Data:
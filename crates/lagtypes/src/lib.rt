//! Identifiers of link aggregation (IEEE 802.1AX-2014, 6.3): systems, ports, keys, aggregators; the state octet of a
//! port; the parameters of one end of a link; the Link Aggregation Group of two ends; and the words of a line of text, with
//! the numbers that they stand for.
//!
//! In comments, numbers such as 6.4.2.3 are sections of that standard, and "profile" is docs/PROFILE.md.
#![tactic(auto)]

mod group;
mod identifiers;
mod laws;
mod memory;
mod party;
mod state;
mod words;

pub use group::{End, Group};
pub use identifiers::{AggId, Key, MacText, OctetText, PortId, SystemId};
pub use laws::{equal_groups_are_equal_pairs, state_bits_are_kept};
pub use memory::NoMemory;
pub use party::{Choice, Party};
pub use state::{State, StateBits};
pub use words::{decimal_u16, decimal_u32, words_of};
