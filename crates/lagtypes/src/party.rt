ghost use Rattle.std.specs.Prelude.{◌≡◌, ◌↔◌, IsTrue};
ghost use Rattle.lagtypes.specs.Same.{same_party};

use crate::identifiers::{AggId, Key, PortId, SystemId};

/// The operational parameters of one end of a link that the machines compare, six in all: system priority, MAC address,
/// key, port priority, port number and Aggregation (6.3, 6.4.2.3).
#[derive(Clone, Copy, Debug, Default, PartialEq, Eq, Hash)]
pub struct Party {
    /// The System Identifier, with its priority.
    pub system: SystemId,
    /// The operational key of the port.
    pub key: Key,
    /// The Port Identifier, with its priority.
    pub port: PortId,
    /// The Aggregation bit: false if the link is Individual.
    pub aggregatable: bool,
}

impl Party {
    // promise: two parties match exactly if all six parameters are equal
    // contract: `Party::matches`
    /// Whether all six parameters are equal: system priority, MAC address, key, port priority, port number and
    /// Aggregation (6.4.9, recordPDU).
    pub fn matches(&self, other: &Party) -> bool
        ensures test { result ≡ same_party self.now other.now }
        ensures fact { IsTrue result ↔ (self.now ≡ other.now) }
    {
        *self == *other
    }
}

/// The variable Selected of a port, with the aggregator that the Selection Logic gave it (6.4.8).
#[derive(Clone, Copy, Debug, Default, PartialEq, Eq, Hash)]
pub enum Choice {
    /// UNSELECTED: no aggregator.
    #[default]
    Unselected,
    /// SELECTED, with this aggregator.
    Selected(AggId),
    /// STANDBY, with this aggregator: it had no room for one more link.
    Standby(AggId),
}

Task details: The answer must be all of the entries, restated exactly.

Task answer:
filename crates/lagtypes/src/lib.rt
//! Identifiers of link aggregation (IEEE 802.1AX-2014, 6.3): systems, ports, keys, aggregators; the state octet of a
//! port; the parameters of one end of a link; the Link Aggregation Group of two ends; and the words of a line of text, with
//! the numbers that they stand for.
//!
//! In comments, numbers such as 6.4.2.3 are sections of that standard, and "profile" is docs/PROFILE.md.
#![tactic(auto)]

mod group;
mod identifiers;
mod laws;
mod memory;
mod party;
mod state;
mod words;

pub use group::{End, Group};
pub use identifiers::{AggId, Key, MacText, OctetText, PortId, SystemId};
pub use laws::{equal_groups_are_equal_pairs, state_bits_are_kept};
pub use memory::NoMemory;
pub use party::{Choice, Party};
pub use state::{State, StateBits};
pub use words::{decimal_u16, decimal_u32, words_of};
filename crates/lagtypes/src/party.rt
ghost use Rattle.std.specs.Prelude.{◌≡◌, ◌↔◌, IsTrue};
ghost use Rattle.lagtypes.specs.Same.{same_party};

use crate::identifiers::{AggId, Key, PortId, SystemId};

/// The operational parameters of one end of a link that the machines compare, six in all: system priority, MAC address,
/// key, port priority, port number and Aggregation (6.3, 6.4.2.3).
#[derive(Clone, Copy, Debug, Default, PartialEq, Eq, Hash)]
pub struct Party {
    /// The System Identifier, with its priority.
    pub system: SystemId,
    /// The operational key of the port.
    pub key: Key,
    /// The Port Identifier, with its priority.
    pub port: PortId,
    /// The Aggregation bit: false if the link is Individual.
    pub aggregatable: bool,
}

impl Party {
    // promise: two parties match exactly if all six parameters are equal
    // contract: `Party::matches`
    /// Whether all six parameters are equal: system priority, MAC address, key, port priority, port number and
    /// Aggregation (6.4.9, recordPDU).
    pub fn matches(&self, other: &Party) -> bool
        ensures test { result ≡ same_party self.now other.now }
        ensures fact { IsTrue result ↔ (self.now ≡ other.now) }
    {
        *self == *other
    }
}

/// The variable Selected of a port, with the aggregator that the Selection Logic gave it (6.4.8).
#[derive(Clone, Copy, Debug, Default, PartialEq, Eq, Hash)]
pub enum Choice {
    /// UNSELECTED: no aggregator.
    #[default]
    Unselected,
    /// SELECTED, with this aggregator.
    Selected(AggId),
    /// STANDBY, with this aggregator: it had no room for one more link.
    Standby(AggId),
}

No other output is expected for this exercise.